● Task requirements: Each record is to be written out exactly as it appears.

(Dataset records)
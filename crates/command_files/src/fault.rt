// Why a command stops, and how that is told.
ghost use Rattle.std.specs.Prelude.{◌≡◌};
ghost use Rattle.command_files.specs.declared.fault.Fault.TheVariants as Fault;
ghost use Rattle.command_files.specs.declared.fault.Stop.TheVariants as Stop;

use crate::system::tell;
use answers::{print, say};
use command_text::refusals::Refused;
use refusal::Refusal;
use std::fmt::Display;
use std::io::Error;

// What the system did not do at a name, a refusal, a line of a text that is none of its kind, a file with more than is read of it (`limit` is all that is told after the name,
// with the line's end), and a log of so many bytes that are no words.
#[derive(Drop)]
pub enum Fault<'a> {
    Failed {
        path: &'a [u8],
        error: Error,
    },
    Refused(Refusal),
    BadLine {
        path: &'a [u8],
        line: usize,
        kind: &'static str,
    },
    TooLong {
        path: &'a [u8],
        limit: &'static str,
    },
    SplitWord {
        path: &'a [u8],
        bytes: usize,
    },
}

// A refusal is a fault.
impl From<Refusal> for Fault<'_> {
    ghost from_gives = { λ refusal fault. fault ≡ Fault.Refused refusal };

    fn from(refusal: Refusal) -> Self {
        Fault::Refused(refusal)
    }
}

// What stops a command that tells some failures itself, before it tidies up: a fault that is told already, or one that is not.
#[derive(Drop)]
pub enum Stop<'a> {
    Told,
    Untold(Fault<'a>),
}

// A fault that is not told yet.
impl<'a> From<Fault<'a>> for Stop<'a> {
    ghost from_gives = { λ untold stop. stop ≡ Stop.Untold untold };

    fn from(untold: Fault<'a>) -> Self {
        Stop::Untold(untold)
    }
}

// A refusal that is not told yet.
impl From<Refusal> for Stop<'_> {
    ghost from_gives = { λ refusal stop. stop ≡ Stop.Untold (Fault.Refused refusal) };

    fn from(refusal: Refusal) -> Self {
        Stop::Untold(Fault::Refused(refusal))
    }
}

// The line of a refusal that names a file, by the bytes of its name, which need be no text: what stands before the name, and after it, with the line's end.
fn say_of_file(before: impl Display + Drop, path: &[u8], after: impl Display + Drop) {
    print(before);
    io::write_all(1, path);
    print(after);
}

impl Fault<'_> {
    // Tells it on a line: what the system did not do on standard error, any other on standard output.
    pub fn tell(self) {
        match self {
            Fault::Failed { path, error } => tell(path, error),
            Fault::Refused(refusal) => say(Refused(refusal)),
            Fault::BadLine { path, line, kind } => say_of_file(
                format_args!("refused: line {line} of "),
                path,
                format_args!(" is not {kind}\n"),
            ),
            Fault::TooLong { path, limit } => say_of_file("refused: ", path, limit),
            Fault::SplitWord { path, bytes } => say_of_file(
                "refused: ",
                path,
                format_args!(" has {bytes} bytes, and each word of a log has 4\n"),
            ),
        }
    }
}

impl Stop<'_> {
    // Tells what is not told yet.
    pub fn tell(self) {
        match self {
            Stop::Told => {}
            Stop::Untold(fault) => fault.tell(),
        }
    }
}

● Answer below:
filename crates/command_files/src/fault.rt
// Why a command stops, and how that is told.
ghost use Rattle.std.specs.Prelude.{◌≡◌};
ghost use Rattle.command_files.specs.declared.fault.Fault.TheVariants as Fault;
ghost use Rattle.command_files.specs.declared.fault.Stop.TheVariants as Stop;

use crate::system::tell;
use answers::{print, say};
use command_text::refusals::Refused;
use refusal::Refusal;
use std::fmt::Display;
use std::io::Error;

// What the system did not do at a name, a refusal, a line of a text that is none of its kind, a file with more than is read of it (`limit` is all that is told after the name,
// with the line's end), and a log of so many bytes that are no words.
#[derive(Drop)]
pub enum Fault<'a> {
    Failed {
        path: &'a [u8],
        error: Error,
    },
    Refused(Refusal),
    BadLine {
        path: &'a [u8],
        line: usize,
        kind: &'static str,
    },
    TooLong {
        path: &'a [u8],
        limit: &'static str,
    },
    SplitWord {
        path: &'a [u8],
        bytes: usize,
    },
}

// A refusal is a fault.
impl From<Refusal> for Fault<'_> {
    ghost from_gives = { λ refusal fault. fault ≡ Fault.Refused refusal };

    fn from(refusal: Refusal) -> Self {
        Fault::Refused(refusal)
    }
}

// What stops a command that tells some failures itself, before it tidies up: a fault that is told already, or one that is not.
#[derive(Drop)]
pub enum Stop<'a> {
    Told,
    Untold(Fault<'a>),
}

// A fault that is not told yet.
impl<'a> From<Fault<'a>> for Stop<'a> {
    ghost from_gives = { λ untold stop. stop ≡ Stop.Untold untold };

    fn from(untold: Fault<'a>) -> Self {
        Stop::Untold(untold)
    }
}

// A refusal that is not told yet.
impl From<Refusal> for Stop<'_> {
    ghost from_gives = { λ refusal stop. stop ≡ Stop.Untold (Fault.Refused refusal) };

    fn from(refusal: Refusal) -> Self {
        Stop::Untold(Fault::Refused(refusal))
    }
}

// The line of a refusal that names a file, by the bytes of its name, which need be no text: what stands before the name, and after it, with the line's end.
fn say_of_file(before: impl Display + Drop, path: &[u8], after: impl Display + Drop) {
    print(before);
    io::write_all(1, path);
    print(after);
}

impl Fault<'_> {
    // Tells it on a line: what the system did not do on standard error, any other on standard output.
    pub fn tell(self) {
        match self {
            Fault::Failed { path, error } => tell(path, error),
            Fault::Refused(refusal) => say(Refused(refusal)),
            Fault::BadLine { path, line, kind } => say_of_file(
                format_args!("refused: line {line} of "),
                path,
                format_args!(" is not {kind}\n"),
            ),
            Fault::TooLong { path, limit } => say_of_file("refused: ", path, limit),
            Fault::SplitWord { path, bytes } => say_of_file(
                "refused: ",
                path,
                format_args!(" has {bytes} bytes, and each word of a log has 4\n"),
            ),
        }
    }
}

impl Stop<'_> {
    // Tells what is not told yet.
    pub fn tell(self) {
        match self {
            Stop::Told => {}
            Stop::Untold(fault) => fault.tell(),
        }
    }
}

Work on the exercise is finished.